*Your goal:*
Print each entry below precisely as shown.

----

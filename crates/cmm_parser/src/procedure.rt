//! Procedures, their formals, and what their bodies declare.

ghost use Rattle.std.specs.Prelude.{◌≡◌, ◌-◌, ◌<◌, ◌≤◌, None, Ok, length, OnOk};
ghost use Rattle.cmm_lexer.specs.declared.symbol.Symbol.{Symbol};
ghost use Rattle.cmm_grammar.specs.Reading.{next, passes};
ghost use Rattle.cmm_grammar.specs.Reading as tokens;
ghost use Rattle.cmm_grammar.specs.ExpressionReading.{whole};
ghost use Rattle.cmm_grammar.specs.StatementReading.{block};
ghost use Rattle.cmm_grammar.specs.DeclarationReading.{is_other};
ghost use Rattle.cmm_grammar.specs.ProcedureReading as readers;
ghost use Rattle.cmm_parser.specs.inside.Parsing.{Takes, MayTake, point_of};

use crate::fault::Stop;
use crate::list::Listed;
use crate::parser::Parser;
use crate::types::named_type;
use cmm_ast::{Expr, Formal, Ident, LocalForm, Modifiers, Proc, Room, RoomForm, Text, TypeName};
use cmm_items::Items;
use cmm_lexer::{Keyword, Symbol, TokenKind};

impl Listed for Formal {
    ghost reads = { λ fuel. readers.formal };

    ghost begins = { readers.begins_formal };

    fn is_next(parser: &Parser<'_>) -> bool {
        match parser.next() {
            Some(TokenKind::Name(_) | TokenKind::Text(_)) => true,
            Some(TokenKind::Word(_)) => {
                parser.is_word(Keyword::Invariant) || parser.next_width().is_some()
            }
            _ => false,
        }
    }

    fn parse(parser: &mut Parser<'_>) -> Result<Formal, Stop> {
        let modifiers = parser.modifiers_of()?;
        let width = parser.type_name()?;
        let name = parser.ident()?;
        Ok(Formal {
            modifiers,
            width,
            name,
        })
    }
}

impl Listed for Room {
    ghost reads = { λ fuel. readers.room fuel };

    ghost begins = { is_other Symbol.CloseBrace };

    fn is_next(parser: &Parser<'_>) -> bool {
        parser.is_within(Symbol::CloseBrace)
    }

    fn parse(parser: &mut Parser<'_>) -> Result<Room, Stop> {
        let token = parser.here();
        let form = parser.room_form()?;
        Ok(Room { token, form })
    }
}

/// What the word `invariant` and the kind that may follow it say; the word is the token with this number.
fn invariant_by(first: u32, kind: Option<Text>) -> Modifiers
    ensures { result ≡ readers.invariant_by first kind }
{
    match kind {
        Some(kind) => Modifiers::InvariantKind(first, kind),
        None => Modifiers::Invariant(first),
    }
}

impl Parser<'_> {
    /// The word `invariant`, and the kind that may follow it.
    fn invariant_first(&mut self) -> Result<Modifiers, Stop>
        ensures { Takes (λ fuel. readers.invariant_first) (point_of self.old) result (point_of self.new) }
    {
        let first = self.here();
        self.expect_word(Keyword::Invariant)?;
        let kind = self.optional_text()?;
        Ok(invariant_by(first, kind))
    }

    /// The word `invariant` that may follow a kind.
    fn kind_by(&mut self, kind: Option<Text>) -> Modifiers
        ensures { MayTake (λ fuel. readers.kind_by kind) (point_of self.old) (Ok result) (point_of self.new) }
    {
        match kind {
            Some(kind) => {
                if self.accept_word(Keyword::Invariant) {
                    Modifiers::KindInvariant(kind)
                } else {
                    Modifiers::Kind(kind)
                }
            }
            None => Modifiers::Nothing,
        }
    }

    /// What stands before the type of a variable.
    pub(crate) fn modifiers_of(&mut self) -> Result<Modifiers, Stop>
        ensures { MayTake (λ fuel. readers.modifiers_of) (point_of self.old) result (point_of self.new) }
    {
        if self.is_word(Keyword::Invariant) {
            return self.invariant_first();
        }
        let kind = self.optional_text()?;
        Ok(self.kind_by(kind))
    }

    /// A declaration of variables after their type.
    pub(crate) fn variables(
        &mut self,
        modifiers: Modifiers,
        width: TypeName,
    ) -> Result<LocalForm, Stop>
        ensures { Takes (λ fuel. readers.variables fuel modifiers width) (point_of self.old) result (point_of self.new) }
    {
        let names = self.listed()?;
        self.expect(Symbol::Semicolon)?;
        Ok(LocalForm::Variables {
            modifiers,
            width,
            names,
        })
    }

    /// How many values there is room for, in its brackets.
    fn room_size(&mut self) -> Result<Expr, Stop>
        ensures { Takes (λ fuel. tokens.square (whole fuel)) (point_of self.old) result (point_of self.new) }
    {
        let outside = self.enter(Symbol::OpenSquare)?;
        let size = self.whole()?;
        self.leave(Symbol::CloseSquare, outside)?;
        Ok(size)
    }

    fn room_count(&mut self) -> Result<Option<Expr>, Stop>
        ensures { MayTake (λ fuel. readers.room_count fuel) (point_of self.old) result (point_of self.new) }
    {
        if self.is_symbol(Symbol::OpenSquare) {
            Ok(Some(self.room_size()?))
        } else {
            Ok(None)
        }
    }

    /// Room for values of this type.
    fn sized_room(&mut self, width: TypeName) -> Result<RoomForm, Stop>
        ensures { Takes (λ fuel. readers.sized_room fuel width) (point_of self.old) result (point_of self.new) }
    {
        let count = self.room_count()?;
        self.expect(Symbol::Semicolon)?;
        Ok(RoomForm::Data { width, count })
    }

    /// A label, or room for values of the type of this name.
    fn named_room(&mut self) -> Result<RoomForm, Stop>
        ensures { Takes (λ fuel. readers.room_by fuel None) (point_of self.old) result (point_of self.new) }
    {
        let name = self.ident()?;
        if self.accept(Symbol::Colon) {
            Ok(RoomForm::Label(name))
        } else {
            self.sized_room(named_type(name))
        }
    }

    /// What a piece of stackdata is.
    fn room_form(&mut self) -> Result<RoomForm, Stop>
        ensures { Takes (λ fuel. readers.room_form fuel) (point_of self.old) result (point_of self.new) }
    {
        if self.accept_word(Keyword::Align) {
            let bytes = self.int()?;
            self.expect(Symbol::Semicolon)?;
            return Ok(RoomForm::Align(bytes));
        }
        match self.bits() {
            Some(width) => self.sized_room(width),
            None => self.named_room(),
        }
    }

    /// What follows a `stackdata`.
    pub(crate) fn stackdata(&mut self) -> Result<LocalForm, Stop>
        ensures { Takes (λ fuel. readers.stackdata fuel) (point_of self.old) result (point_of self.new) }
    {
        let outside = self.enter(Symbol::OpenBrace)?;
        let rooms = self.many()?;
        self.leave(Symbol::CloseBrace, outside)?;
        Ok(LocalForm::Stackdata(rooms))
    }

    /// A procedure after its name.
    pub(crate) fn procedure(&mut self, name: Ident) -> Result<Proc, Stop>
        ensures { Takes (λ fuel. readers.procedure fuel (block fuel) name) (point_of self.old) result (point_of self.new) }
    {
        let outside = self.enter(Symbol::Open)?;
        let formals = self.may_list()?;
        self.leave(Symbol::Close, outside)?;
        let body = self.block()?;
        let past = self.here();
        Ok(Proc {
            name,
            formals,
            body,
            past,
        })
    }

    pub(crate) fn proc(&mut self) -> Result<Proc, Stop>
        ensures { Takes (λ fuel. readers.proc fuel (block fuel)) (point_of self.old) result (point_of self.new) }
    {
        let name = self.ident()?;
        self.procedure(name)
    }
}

----

*Output for this task:*
filename crates/cmm_parser/src/procedure.rt
//! Procedures, their formals, and what their bodies declare.

ghost use Rattle.std.specs.Prelude.{◌≡◌, ◌-◌, ◌<◌, ◌≤◌, None, Ok, length, OnOk};
ghost use Rattle.cmm_lexer.specs.declared.symbol.Symbol.{Symbol};
ghost use Rattle.cmm_grammar.specs.Reading.{next, passes};
ghost use Rattle.cmm_grammar.specs.Reading as tokens;
ghost use Rattle.cmm_grammar.specs.ExpressionReading.{whole};
ghost use Rattle.cmm_grammar.specs.StatementReading.{block};
ghost use Rattle.cmm_grammar.specs.DeclarationReading.{is_other};
ghost use Rattle.cmm_grammar.specs.ProcedureReading as readers;
ghost use Rattle.cmm_parser.specs.inside.Parsing.{Takes, MayTake, point_of};

use crate::fault::Stop;
use crate::list::Listed;
use crate::parser::Parser;
use crate::types::named_type;
use cmm_ast::{Expr, Formal, Ident, LocalForm, Modifiers, Proc, Room, RoomForm, Text, TypeName};
use cmm_items::Items;
use cmm_lexer::{Keyword, Symbol, TokenKind};

impl Listed for Formal {
    ghost reads = { λ fuel. readers.formal };

    ghost begins = { readers.begins_formal };

    fn is_next(parser: &Parser<'_>) -> bool {
        match parser.next() {
            Some(TokenKind::Name(_) | TokenKind::Text(_)) => true,
            Some(TokenKind::Word(_)) => {
                parser.is_word(Keyword::Invariant) || parser.next_width().is_some()
            }
            _ => false,
        }
    }

    fn parse(parser: &mut Parser<'_>) -> Result<Formal, Stop> {
        let modifiers = parser.modifiers_of()?;
        let width = parser.type_name()?;
        let name = parser.ident()?;
        Ok(Formal {
            modifiers,
            width,
            name,
        })
    }
}

impl Listed for Room {
    ghost reads = { λ fuel. readers.room fuel };

    ghost begins = { is_other Symbol.CloseBrace };

    fn is_next(parser: &Parser<'_>) -> bool {
        parser.is_within(Symbol::CloseBrace)
    }

    fn parse(parser: &mut Parser<'_>) -> Result<Room, Stop> {
        let token = parser.here();
        let form = parser.room_form()?;
        Ok(Room { token, form })
    }
}

/// What the word `invariant` and the kind that may follow it say; the word is the token with this number.
fn invariant_by(first: u32, kind: Option<Text>) -> Modifiers
    ensures { result ≡ readers.invariant_by first kind }
{
    match kind {
        Some(kind) => Modifiers::InvariantKind(first, kind),
        None => Modifiers::Invariant(first),
    }
}

impl Parser<'_> {
    /// The word `invariant`, and the kind that may follow it.
    fn invariant_first(&mut self) -> Result<Modifiers, Stop>
        ensures { Takes (λ fuel. readers.invariant_first) (point_of self.old) result (point_of self.new) }
    {
        let first = self.here();
        self.expect_word(Keyword::Invariant)?;
        let kind = self.optional_text()?;
        Ok(invariant_by(first, kind))
    }

    /// The word `invariant` that may follow a kind.
    fn kind_by(&mut self, kind: Option<Text>) -> Modifiers
        ensures { MayTake (λ fuel. readers.kind_by kind) (point_of self.old) (Ok result) (point_of self.new) }
    {
        match kind {
            Some(kind) => {
                if self.accept_word(Keyword::Invariant) {
                    Modifiers::KindInvariant(kind)
                } else {
                    Modifiers::Kind(kind)
                }
            }
            None => Modifiers::Nothing,
        }
    }

    /// What stands before the type of a variable.
    pub(crate) fn modifiers_of(&mut self) -> Result<Modifiers, Stop>
        ensures { MayTake (λ fuel. readers.modifiers_of) (point_of self.old) result (point_of self.new) }
    {
        if self.is_word(Keyword::Invariant) {
            return self.invariant_first();
        }
        let kind = self.optional_text()?;
        Ok(self.kind_by(kind))
    }

    /// A declaration of variables after their type.
    pub(crate) fn variables(
        &mut self,
        modifiers: Modifiers,
        width: TypeName,
    ) -> Result<LocalForm, Stop>
        ensures { Takes (λ fuel. readers.variables fuel modifiers width) (point_of self.old) result (point_of self.new) }
    {
        let names = self.listed()?;
        self.expect(Symbol::Semicolon)?;
        Ok(LocalForm::Variables {
            modifiers,
            width,
            names,
        })
    }

    /// How many values there is room for, in its brackets.
    fn room_size(&mut self) -> Result<Expr, Stop>
        ensures { Takes (λ fuel. tokens.square (whole fuel)) (point_of self.old) result (point_of self.new) }
    {
        let outside = self.enter(Symbol::OpenSquare)?;
        let size = self.whole()?;
        self.leave(Symbol::CloseSquare, outside)?;
        Ok(size)
    }

    fn room_count(&mut self) -> Result<Option<Expr>, Stop>
        ensures { MayTake (λ fuel. readers.room_count fuel) (point_of self.old) result (point_of self.new) }
    {
        if self.is_symbol(Symbol::OpenSquare) {
            Ok(Some(self.room_size()?))
        } else {
            Ok(None)
        }
    }

    /// Room for values of this type.
    fn sized_room(&mut self, width: TypeName) -> Result<RoomForm, Stop>
        ensures { Takes (λ fuel. readers.sized_room fuel width) (point_of self.old) result (point_of self.new) }
    {
        let count = self.room_count()?;
        self.expect(Symbol::Semicolon)?;
        Ok(RoomForm::Data { width, count })
    }

    /// A label, or room for values of the type of this name.
    fn named_room(&mut self) -> Result<RoomForm, Stop>
        ensures { Takes (λ fuel. readers.room_by fuel None) (point_of self.old) result (point_of self.new) }
    {
        let name = self.ident()?;
        if self.accept(Symbol::Colon) {
            Ok(RoomForm::Label(name))
        } else {
            self.sized_room(named_type(name))
        }
    }

    /// What a piece of stackdata is.
    fn room_form(&mut self) -> Result<RoomForm, Stop>
        ensures { Takes (λ fuel. readers.room_form fuel) (point_of self.old) result (point_of self.new) }
    {
        if self.accept_word(Keyword::Align) {
            let bytes = self.int()?;
            self.expect(Symbol::Semicolon)?;
            return Ok(RoomForm::Align(bytes));
        }
        match self.bits() {
            Some(width) => self.sized_room(width),
            None => self.named_room(),
        }
    }

    /// What follows a `stackdata`.
    pub(crate) fn stackdata(&mut self) -> Result<LocalForm, Stop>
        ensures { Takes (λ fuel. readers.stackdata fuel) (point_of self.old) result (point_of self.new) }
    {
        let outside = self.enter(Symbol::OpenBrace)?;
        let rooms = self.many()?;
        self.leave(Symbol::CloseBrace, outside)?;
        Ok(LocalForm::Stackdata(rooms))
    }

    /// A procedure after its name.
    pub(crate) fn procedure(&mut self, name: Ident) -> Result<Proc, Stop>
        ensures { Takes (λ fuel. readers.procedure fuel (block fuel) name) (point_of self.old) result (point_of self.new) }
    {
        let outside = self.enter(Symbol::Open)?;
        let formals = self.may_list()?;
        self.leave(Symbol::Close, outside)?;
        let body = self.block()?;
        let past = self.here();
        Ok(Proc {
            name,
            formals,
            body,
            past,
        })
    }

    pub(crate) fn proc(&mut self) -> Result<Proc, Stop>
        ensures { Takes (λ fuel. readers.proc fuel (block fuel)) (point_of self.old) result (point_of self.new) }
    {
        let name = self.ident()?;
        self.procedure(name)
    }
}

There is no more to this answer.